= Beginning of Section =

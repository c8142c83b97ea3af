//! What a seat keeps.
use fm_core::{Floor, Sight};

/// The looks of a seat's sweep, with memory for all processes, the least pair of them, and the
/// floor that it last paced.
#[derive(Drop)]
pub struct Desk {
    pub sweep: Vec<Sight>,
    pub least: Option<(u64, u32)>,
    pub paced: Floor,
}
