//! How many processes each seat holds.
ghost use Rattle.std.specs.Prelude.{◌≡◌, ℕ, ◌+◌, ◌^◌, ◌<◌, ◌≤◌, length, slice_index_or};
ghost use Rattle.fm_state.specs.Stored.{hold};

use fm_core::Cell;

/// Where a seat held this process, it holds one less.
pub fn end_hold(holds: &mut Vec<u32>, own: Cell)
    requires { (s : ℕ) → s < length holds.old.items
        → hold s own ≤ slice_index_or holds.old.items s 0 }
    ensures counts { (s : ℕ) → s < length holds.old.items
        → slice_index_or holds.new.items s 0 + hold s own ≡ slice_index_or holds.old.items s 0 }
    ensures seats { length holds.new.items ≡ length holds.old.items }
{
    let seat = own.seat as usize;
    if own.tag.is_held() && seat < holds.len() {
        holds[seat] -= 1;
    }
}

/// Where a seat holds this process, it holds one more.
pub fn begin_hold(holds: &mut Vec<u32>, own: Cell)
    requires { (s : ℕ) → s < length holds.old.items
        → slice_index_or holds.old.items s 0 + hold s own < 2 ^ 32 }
    ensures counts { (s : ℕ) → s < length holds.old.items
        → slice_index_or holds.new.items s 0 ≡ slice_index_or holds.old.items s 0 + hold s own }
    ensures seats { length holds.new.items ≡ length holds.old.items }
{
    let seat = own.seat as usize;
    if own.tag.is_held() && seat < holds.len() {
        holds[seat] += 1;
    }
}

= End of Section =

_TASK DESCRIPTION_.
Reproduce the entries above in full, verbatim.

_WRITTEN REPLY_.
repository c8142c83b97ea3af
//! What a seat keeps.
use fm_core::{Floor, Sight};

/// The looks of a seat's sweep, with memory for all processes, the least pair of them, and the
/// floor that it last paced.
#[derive(Drop)]
pub struct Desk {
    pub sweep: Vec<Sight>,
    pub least: Option<(u64, u32)>,
    pub paced: Floor,
}
//! How many processes each seat holds.
ghost use Rattle.std.specs.Prelude.{◌≡◌, ℕ, ◌+◌, ◌^◌, ◌<◌, ◌≤◌, length, slice_index_or};
ghost use Rattle.fm_state.specs.Stored.{hold};

use fm_core::Cell;

/// Where a seat held this process, it holds one less.
pub fn end_hold(holds: &mut Vec<u32>, own: Cell)
    requires { (s : ℕ) → s < length holds.old.items
        → hold s own ≤ slice_index_or holds.old.items s 0 }
    ensures counts { (s : ℕ) → s < length holds.old.items
        → slice_index_or holds.new.items s 0 + hold s own ≡ slice_index_or holds.old.items s 0 }
    ensures seats { length holds.new.items ≡ length holds.old.items }
{
    let seat = own.seat as usize;
    if own.tag.is_held() && seat < holds.len() {
        holds[seat] -= 1;
    }
}

/// Where a seat holds this process, it holds one more.
pub fn begin_hold(holds: &mut Vec<u32>, own: Cell)
    requires { (s : ℕ) → s < length holds.old.items
        → slice_index_or holds.old.items s 0 + hold s own < 2 ^ 32 }
    ensures counts { (s : ℕ) → s < length holds.old.items
        → slice_index_or holds.new.items s 0 ≡ slice_index_or holds.old.items s 0 + hold s own }
    ensures seats { length holds.new.items ≡ length holds.old.items }
{
    let seat = own.seat as usize;
    if own.tag.is_held() && seat < holds.len() {
        holds[seat] += 1;
    }
}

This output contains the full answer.